___ Study material ___

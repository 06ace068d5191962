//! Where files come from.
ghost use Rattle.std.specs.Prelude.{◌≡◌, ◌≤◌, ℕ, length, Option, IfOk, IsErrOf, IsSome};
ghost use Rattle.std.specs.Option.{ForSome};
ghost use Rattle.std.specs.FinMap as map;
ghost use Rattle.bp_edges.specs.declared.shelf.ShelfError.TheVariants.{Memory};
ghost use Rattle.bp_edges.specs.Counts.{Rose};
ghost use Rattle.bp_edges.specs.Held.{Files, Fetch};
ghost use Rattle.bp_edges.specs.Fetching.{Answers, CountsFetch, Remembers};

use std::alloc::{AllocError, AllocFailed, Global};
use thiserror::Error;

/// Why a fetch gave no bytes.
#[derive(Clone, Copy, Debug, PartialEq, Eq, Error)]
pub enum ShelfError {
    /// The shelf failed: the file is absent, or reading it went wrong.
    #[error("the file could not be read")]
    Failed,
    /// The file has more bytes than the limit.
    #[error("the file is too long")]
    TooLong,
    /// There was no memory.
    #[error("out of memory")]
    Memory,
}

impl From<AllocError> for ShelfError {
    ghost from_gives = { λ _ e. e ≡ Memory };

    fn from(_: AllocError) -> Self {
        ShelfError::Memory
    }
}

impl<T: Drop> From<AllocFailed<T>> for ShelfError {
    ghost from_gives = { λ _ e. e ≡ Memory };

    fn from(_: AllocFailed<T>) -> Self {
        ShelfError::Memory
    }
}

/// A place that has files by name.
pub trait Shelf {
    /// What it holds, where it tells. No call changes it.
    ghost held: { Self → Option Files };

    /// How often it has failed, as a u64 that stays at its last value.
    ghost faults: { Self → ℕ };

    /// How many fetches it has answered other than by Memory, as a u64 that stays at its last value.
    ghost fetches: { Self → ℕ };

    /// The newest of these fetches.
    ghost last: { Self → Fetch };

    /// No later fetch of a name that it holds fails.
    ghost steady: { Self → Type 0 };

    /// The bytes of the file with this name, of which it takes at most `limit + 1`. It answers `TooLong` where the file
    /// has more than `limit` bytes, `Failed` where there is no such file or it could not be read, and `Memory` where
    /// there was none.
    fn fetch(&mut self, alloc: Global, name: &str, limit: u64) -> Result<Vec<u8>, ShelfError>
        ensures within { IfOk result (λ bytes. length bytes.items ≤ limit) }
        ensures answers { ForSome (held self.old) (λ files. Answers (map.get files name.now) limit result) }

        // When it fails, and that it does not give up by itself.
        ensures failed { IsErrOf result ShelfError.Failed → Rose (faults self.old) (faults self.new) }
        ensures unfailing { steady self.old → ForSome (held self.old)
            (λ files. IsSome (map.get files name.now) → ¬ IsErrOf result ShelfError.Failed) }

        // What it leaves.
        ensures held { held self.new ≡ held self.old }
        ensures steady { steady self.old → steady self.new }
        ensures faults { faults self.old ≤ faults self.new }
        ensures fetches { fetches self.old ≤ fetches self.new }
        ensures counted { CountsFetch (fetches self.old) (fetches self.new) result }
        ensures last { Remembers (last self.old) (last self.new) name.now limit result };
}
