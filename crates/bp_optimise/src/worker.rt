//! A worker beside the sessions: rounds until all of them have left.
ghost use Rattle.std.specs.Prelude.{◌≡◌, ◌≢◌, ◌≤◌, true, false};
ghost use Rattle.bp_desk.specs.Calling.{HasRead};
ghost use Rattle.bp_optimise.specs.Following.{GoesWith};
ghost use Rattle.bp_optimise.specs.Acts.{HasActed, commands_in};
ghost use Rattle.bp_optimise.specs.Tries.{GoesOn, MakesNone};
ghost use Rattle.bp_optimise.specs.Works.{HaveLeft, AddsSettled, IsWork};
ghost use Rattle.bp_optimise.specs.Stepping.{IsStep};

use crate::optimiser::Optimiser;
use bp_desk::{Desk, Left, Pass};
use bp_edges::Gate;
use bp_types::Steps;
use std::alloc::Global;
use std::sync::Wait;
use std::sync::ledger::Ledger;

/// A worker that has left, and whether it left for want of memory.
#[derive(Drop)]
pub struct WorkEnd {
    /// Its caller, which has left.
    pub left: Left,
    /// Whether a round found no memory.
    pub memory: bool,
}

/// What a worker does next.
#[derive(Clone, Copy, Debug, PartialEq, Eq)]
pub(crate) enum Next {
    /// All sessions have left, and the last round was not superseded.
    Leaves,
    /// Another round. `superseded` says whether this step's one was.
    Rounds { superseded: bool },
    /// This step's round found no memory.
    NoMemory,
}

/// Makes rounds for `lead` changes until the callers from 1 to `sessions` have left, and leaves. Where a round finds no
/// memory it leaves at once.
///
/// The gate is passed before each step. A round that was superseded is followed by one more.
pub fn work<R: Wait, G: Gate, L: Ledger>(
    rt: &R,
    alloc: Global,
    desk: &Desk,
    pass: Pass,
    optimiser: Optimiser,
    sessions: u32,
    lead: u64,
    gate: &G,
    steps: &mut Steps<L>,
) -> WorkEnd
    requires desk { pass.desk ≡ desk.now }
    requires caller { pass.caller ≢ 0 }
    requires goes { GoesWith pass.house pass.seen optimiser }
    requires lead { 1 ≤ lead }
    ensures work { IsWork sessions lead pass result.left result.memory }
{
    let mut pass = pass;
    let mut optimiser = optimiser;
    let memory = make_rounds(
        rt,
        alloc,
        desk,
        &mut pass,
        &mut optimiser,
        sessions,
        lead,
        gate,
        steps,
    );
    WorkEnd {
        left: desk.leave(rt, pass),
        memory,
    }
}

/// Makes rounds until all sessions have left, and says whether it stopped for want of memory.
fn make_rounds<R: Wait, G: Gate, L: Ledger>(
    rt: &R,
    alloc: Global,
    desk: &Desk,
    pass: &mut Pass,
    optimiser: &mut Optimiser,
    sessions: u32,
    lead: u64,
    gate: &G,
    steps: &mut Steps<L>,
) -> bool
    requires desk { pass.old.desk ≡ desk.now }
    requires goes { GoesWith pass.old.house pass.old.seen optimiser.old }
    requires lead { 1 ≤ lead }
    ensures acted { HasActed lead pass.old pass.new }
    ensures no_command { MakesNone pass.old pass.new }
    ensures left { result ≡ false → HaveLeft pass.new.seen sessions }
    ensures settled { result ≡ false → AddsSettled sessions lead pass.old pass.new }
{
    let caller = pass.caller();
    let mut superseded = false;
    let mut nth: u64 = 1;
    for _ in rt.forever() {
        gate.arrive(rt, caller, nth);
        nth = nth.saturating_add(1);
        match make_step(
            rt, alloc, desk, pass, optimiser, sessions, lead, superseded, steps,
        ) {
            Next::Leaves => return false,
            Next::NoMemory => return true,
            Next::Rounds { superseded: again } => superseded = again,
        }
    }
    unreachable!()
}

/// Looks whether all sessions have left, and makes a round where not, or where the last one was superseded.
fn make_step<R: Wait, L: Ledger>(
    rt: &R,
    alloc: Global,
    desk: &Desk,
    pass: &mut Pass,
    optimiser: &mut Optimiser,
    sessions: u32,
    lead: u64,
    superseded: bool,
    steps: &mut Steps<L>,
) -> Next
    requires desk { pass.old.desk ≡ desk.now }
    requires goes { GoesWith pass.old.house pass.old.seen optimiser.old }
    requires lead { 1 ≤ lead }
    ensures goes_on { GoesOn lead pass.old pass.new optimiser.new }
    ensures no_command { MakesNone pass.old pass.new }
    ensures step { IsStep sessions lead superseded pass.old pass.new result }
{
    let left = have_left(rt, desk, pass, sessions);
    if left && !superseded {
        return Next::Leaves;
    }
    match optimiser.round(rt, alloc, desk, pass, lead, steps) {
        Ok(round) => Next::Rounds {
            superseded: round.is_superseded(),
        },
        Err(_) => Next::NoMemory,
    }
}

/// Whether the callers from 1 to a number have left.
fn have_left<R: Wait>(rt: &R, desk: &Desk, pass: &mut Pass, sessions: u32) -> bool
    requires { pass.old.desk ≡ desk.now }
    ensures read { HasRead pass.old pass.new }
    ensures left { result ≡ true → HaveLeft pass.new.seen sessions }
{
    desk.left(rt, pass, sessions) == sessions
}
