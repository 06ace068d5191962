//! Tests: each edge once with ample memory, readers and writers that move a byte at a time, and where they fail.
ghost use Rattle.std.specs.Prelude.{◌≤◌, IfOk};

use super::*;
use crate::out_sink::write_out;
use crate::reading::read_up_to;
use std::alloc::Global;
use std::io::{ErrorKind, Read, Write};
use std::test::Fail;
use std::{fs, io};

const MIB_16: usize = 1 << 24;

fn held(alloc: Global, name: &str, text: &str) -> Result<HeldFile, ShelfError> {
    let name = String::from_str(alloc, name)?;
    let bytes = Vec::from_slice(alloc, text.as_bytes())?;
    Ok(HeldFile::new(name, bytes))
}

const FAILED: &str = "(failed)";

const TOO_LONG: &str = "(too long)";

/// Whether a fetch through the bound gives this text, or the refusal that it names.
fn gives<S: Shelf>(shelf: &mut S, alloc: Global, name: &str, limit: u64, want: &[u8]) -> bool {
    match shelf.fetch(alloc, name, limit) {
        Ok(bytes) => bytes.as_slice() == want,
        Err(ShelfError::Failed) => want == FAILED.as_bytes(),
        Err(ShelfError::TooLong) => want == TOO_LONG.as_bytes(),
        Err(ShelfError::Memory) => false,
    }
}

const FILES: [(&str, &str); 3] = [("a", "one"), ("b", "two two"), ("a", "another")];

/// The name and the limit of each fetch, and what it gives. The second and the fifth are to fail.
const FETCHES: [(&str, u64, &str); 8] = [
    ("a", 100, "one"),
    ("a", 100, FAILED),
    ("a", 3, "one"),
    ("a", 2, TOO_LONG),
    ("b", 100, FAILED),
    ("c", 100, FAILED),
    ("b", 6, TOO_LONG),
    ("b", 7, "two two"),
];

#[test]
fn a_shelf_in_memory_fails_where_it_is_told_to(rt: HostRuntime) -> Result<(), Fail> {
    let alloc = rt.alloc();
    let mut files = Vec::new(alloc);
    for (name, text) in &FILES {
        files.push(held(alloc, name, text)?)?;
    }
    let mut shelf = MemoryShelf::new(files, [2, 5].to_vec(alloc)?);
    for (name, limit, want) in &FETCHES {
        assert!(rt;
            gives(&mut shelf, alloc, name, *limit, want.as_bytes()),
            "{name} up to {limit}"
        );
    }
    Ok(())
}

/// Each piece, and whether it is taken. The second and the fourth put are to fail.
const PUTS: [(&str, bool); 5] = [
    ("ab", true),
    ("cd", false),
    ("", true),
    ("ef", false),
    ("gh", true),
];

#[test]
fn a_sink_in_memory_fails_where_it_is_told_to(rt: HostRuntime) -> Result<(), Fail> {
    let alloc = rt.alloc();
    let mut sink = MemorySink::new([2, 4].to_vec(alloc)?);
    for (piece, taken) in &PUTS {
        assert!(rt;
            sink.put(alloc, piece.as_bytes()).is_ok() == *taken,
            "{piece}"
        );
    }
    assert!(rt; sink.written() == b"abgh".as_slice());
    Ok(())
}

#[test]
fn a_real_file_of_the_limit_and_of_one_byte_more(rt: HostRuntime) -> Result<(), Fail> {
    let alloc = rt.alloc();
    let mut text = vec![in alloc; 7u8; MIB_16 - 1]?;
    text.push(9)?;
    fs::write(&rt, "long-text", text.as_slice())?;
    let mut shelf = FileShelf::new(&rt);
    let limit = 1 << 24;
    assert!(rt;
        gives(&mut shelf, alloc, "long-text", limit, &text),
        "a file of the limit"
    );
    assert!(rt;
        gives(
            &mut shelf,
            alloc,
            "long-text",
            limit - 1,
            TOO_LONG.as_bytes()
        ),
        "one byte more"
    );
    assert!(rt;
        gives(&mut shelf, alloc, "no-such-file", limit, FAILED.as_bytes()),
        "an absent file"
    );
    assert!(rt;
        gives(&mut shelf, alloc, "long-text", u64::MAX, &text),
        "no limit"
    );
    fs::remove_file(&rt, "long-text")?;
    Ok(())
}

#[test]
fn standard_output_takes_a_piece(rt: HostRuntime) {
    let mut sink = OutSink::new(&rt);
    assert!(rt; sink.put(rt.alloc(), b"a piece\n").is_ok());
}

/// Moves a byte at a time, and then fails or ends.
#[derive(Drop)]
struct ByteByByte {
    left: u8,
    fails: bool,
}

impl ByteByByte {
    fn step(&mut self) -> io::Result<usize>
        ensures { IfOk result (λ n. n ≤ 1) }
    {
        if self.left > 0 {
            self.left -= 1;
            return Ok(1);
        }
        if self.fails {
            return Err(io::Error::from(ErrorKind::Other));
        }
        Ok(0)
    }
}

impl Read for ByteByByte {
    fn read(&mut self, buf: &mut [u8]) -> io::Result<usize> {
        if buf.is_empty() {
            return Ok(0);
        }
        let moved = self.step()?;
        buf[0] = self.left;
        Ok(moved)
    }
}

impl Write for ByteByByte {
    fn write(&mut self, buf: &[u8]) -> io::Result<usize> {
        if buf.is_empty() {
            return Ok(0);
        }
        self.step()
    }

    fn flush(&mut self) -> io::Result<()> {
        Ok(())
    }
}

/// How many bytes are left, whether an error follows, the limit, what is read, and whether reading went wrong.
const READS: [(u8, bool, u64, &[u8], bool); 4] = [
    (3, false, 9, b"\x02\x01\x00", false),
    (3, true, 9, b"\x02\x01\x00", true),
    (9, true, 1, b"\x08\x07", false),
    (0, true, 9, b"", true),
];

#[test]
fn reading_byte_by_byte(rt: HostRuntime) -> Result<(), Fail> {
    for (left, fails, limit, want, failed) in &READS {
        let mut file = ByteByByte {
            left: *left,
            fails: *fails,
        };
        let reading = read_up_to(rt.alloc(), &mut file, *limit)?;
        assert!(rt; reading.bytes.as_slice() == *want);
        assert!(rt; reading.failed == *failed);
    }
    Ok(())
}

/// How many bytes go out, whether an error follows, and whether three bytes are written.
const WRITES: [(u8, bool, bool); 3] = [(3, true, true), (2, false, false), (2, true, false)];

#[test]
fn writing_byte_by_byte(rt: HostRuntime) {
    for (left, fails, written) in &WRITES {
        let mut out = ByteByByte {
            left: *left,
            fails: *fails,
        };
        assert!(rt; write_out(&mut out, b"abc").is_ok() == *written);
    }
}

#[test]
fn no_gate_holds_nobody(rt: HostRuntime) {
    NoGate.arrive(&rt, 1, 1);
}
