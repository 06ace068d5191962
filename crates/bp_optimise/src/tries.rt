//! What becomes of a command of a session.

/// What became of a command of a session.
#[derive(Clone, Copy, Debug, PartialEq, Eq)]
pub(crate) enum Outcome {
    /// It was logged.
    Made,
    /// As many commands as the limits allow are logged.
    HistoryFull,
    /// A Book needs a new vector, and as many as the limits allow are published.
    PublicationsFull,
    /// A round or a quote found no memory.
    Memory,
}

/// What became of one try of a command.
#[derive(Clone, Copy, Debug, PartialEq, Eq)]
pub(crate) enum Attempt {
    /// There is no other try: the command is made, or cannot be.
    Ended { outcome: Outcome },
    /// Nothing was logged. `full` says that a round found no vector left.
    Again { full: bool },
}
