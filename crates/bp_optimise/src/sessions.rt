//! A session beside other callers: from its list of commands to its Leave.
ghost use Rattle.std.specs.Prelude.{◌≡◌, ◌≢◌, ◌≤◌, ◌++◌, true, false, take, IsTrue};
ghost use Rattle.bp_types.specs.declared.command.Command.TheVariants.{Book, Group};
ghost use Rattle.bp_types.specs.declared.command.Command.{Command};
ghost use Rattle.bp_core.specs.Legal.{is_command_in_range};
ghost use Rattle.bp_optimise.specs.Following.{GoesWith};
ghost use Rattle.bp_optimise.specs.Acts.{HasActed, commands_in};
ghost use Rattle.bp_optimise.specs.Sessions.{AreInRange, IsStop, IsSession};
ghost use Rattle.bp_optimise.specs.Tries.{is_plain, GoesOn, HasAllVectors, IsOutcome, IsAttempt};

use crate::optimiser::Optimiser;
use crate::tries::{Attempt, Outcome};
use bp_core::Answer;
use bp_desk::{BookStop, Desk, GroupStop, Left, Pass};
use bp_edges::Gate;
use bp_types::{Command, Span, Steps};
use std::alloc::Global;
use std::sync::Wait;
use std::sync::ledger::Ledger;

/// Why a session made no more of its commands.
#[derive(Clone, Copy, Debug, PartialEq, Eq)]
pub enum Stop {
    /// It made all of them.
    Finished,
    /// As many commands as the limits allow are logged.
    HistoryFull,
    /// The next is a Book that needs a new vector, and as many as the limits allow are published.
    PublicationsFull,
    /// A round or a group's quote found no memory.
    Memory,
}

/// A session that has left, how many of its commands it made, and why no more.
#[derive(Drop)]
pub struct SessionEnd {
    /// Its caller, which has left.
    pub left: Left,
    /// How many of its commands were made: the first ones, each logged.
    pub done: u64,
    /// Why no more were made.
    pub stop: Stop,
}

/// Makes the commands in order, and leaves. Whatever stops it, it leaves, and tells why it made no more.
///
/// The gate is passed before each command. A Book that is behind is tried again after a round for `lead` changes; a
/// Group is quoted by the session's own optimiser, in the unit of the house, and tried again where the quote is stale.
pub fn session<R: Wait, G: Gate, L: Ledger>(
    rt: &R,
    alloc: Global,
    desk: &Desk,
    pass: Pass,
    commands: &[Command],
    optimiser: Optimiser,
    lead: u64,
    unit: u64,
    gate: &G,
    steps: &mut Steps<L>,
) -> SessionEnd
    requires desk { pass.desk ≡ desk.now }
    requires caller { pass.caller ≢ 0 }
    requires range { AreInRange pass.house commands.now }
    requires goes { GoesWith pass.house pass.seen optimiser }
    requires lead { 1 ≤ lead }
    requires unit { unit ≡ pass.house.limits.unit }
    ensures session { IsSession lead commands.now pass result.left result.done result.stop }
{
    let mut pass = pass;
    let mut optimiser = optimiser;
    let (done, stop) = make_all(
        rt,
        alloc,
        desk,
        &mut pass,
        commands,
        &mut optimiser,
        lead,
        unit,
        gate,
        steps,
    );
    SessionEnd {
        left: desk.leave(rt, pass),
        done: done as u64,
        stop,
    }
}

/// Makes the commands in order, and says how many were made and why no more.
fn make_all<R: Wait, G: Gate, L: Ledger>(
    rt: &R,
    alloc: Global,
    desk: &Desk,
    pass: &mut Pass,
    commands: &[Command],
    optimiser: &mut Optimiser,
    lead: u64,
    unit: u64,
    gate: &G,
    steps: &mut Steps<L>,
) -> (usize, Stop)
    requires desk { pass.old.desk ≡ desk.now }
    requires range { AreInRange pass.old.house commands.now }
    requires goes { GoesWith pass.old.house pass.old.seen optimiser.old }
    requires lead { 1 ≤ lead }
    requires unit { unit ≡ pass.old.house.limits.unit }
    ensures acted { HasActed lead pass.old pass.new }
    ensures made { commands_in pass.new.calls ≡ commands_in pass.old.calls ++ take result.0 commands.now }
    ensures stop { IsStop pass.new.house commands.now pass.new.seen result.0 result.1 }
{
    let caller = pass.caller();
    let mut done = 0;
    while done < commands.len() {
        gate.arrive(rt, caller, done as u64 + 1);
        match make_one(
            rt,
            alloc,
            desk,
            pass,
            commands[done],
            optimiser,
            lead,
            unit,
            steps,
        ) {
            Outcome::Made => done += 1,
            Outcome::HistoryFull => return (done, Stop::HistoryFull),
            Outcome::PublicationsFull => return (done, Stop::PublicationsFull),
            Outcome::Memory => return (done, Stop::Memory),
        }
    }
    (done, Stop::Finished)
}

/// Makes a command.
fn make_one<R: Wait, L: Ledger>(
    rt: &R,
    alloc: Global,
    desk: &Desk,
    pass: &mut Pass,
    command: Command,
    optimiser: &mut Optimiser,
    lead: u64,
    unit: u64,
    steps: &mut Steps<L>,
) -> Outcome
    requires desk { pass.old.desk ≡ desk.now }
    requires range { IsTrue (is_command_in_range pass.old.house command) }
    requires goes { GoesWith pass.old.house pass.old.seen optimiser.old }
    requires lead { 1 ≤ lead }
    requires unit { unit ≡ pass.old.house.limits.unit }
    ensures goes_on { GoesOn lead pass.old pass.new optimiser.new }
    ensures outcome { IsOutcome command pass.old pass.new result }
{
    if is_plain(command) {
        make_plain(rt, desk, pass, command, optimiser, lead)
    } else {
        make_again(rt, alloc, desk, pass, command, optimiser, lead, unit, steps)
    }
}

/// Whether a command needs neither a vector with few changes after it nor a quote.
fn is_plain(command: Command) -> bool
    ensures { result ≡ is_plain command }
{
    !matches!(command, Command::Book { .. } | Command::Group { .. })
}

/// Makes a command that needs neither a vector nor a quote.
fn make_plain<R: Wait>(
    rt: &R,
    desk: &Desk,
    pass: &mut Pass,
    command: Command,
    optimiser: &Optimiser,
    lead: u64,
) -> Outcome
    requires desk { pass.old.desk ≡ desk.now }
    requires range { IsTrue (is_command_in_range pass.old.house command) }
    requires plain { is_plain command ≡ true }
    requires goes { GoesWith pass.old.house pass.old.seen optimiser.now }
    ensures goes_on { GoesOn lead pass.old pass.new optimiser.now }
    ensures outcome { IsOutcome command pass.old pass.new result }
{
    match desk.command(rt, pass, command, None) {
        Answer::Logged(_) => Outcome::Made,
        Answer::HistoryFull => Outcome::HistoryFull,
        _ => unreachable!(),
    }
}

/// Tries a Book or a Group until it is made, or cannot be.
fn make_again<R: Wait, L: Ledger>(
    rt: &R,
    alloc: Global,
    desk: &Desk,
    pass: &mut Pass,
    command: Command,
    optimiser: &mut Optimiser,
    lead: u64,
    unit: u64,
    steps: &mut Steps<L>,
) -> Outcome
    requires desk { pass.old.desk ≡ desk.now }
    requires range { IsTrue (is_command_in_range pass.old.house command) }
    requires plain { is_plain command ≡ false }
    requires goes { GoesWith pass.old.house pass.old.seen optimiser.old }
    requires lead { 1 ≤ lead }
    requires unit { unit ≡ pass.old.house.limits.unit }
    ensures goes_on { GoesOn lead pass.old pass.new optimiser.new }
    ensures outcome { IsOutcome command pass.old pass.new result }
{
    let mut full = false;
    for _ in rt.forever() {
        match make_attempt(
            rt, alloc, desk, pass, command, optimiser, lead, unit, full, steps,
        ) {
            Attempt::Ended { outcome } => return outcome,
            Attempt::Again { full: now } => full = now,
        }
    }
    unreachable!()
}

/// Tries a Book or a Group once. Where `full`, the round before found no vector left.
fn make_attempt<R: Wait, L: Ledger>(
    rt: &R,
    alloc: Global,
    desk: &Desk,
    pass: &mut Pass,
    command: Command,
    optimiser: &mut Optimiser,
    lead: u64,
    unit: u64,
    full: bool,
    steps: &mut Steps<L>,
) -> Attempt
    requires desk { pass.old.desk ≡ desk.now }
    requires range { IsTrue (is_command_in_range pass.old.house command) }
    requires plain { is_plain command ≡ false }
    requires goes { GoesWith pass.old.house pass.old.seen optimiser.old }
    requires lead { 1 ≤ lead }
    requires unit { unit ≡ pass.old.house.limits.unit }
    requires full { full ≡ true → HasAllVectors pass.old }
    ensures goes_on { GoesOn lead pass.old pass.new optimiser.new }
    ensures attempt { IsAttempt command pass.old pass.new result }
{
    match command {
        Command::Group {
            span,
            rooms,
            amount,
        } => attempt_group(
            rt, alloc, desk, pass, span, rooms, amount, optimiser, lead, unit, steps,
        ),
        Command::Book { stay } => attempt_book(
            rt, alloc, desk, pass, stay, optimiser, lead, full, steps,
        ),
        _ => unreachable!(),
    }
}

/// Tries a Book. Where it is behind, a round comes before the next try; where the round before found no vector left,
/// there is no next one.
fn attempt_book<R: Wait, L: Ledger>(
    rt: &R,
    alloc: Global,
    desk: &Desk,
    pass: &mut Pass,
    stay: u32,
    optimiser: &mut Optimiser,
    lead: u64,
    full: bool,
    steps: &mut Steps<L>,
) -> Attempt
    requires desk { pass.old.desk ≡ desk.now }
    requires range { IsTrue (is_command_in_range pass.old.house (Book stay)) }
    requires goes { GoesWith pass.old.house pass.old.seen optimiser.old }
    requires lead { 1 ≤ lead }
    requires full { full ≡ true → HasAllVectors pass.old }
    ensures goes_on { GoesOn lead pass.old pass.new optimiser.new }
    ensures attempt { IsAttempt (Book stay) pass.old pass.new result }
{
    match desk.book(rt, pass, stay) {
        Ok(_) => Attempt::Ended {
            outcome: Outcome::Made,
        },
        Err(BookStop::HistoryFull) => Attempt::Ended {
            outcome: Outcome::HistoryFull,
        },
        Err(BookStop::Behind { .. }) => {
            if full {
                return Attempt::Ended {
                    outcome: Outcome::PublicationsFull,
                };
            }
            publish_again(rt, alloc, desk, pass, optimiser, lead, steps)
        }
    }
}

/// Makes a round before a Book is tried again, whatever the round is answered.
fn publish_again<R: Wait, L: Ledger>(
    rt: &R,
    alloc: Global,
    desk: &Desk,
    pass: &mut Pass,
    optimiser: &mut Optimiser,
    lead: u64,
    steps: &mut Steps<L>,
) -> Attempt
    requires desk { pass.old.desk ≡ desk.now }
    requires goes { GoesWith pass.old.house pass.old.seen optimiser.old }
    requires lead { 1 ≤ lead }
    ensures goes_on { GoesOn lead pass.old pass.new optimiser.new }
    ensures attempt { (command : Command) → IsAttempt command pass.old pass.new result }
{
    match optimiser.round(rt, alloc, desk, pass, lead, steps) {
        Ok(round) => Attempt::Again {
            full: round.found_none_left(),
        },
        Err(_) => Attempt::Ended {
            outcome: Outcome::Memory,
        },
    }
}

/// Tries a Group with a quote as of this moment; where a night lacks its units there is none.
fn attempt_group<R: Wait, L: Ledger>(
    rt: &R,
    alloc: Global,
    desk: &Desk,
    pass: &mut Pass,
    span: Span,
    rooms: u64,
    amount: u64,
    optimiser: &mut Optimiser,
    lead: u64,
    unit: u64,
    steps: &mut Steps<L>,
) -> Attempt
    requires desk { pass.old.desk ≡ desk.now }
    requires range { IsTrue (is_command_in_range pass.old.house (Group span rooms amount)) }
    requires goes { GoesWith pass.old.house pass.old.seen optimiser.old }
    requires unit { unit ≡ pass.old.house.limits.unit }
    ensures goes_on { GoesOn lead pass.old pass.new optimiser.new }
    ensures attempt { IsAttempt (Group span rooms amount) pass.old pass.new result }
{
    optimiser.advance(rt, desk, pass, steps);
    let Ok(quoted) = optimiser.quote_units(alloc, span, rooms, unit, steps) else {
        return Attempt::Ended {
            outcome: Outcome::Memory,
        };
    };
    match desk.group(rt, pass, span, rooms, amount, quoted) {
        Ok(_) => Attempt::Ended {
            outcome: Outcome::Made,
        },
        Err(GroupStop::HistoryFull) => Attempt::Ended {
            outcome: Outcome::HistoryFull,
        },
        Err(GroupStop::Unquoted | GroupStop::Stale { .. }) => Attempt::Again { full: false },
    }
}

___

Task instructions:
If a line falls between the first line of the entries and the line containing "file could not", or is one of those two, restate it word for word; leave all other lines out.

Your solution:
repository 06ace068d5191962
//! Where files come from.
ghost use Rattle.std.specs.Prelude.{◌≡◌, ◌≤◌, ℕ, length, Option, IfOk, IsErrOf, IsSome};
ghost use Rattle.std.specs.Option.{ForSome};
ghost use Rattle.std.specs.FinMap as map;
ghost use Rattle.bp_edges.specs.declared.shelf.ShelfError.TheVariants.{Memory};
ghost use Rattle.bp_edges.specs.Counts.{Rose};
ghost use Rattle.bp_edges.specs.Held.{Files, Fetch};
ghost use Rattle.bp_edges.specs.Fetching.{Answers, CountsFetch, Remembers};

use std::alloc::{AllocError, AllocFailed, Global};
use thiserror::Error;

/// Why a fetch gave no bytes.
#[derive(Clone, Copy, Debug, PartialEq, Eq, Error)]
pub enum ShelfError {
    /// The shelf failed: the file is absent, or reading it went wrong.
    #[error("the file could not be read")]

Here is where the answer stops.